Sunday, December 14, 2008

Deflation Keeps Credit Tight, Treasurys Popular

With deflation still a possibility, credit markets have a hard time loosening up


Investors know the future will bring either inflation or deflation, but they can't decide which. So they're erring on the side of a worst case scenario, keeping the credit markets in a stranglehold and Treasury notes extremely popular.

Despite a moderate rise in the stock market Friday, the yield on the two-year Treasury note hit another record low, falling to about 0.76 percent for the first time since the note has been issued.

Adding fuel to the argument that the economy is headed for deflation, the Labor Department said its Producer Price Index, which tracks costs of goods before they reach consumers, fell 2.2 percent last month -- more than anticipated -- as gasoline and other energy prices retreated.

Government debt becomes more attractive in weak, deflationary economies not only because the assets are safe, but also because the returns are in fixed dollar amounts -- so when deflation occurs, they actually rise in value. This reduces the incentive, to some extent, to buy riskier, higher-yielding assets like junk bonds.

"The main driver of the credit markets, at one level, is inflation versus deflation," said Jack A. Ablin, chief investment officer at Harris Private Bank. When there's inflation, Treasurys become less attractive and investors look for assets that will offer higher returns.

The outlook for prices is murky right now, keeping investor demand for safety high and hurtling rates on riskier debt higher and higher. The government's huge issuances of debt should cause inflation, but a steep, prolonged recession would be deflationary. It's a quandary that's paralyzing investors.

"Are we really going to get significant deflation? If we are, it has one set of implications, and if we're not, it has an opposite set of conclusions. It's kind of a binary environment right now," said Jay Mueller, portfolio manager, Wells Fargo Advantage Funds.

"If we have severe deflation, Treasurys are going to continue to be the preferred place to be," Mueller said. However, "it's hard to make these determinations because we don't have much track record to go on."

The last sustained period of deflation in the United States was during the Great Depression. The benchmark 10-year Treasury note's yield, at 2.58 percent on Friday, isn't that far off the yield on similar debt in the 1930s -- a little over 2.1 percent, according to Global Financial Data in Los Angeles. (Later, in 1945, yields fell as low as 1.55 percent.)

But the 10-year note's yield could have a lot farther to fall if Japan is any indication.

After Japan's stock and real estate bubble burst in the late 1980s, the nation went into a very long slump, and yields on the Japanese government's 10-year note in 2003 fell as low as 0.46 percent, according to Mueller.

"Japan has had 10 years of deflation at this point. I doubt that it's in the cards for us, but it does show how low yields can go in a deflationary environment," Mueller said.

Yields on longer-dated Treasurys continued to hover near their recent historic lows. The 10-year note rose 8/32 to 110 6/32 and its yield fell to 2.58 percent from 2.66 percent. The 30-year bond rose 16/32 to 128 1/32 and its yield fell to 3.05 percent from 3.08 percent.
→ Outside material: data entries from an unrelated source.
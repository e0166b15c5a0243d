// Acts on data at three places, and whole jobs of them, for any protocol. Definitions and proofs only.
#![tactic(auto)]
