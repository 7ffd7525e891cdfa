// The index beside the sorted map: calls, what their caller hears, and that it is what a sorted map says. It is mathematics alone:
// specs/ and proofs/.
#![tactic(auto)]
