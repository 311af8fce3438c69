//! What the program does with the words that it is given: over files, and over sockets.
#![tactic(auto)]

mod over_files;
mod over_sockets;
mod printed_error;
mod telling;

pub use over_files::command;
pub use over_sockets::{is_for_sockets, is_for_station, is_for_status, socket_command};
pub use telling::tell_words;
The three-month Treasury bill's yield was 0.04 percent, up from 0.01 percent but still indicating high levels of demand for safe, short-term assets. The discount rate was 0.02 percent.

As investors swarm to government debt, they are also starting to snap up mortgage-backed securities -- which is helping actual mortgage rates fall -- and some are buying high-grade corporate debt again.

But speculative grade, or junk, bonds are seeing demand tumble even further.

"One of the things I'm a little worried about with high yields is it's a self-sustaining situation," Ablin said. A company's ability to get new funding is reliant on their rating, and their rating is reliant on their financial health. There's a worry, Ablin said, that the junk bond market "collapses on itself."

Over the past month, bonds for investment-grade companies have gained more than 4 percent, according to the iShares Investment Grade Bond Fund, but junk bonds have fallen more than 11 percent, according to the Lehman High Yield Bond Exchange Traded Fund.

And when prices fall, rates rise, making it more expensive for the companies to issue debt. Standard & Poor's said Friday that speculative-grade rates, as compared to Treasury rates, broke through records Thursday, surpassing 17 percentage points.

About half of all rated companies have a junk rating.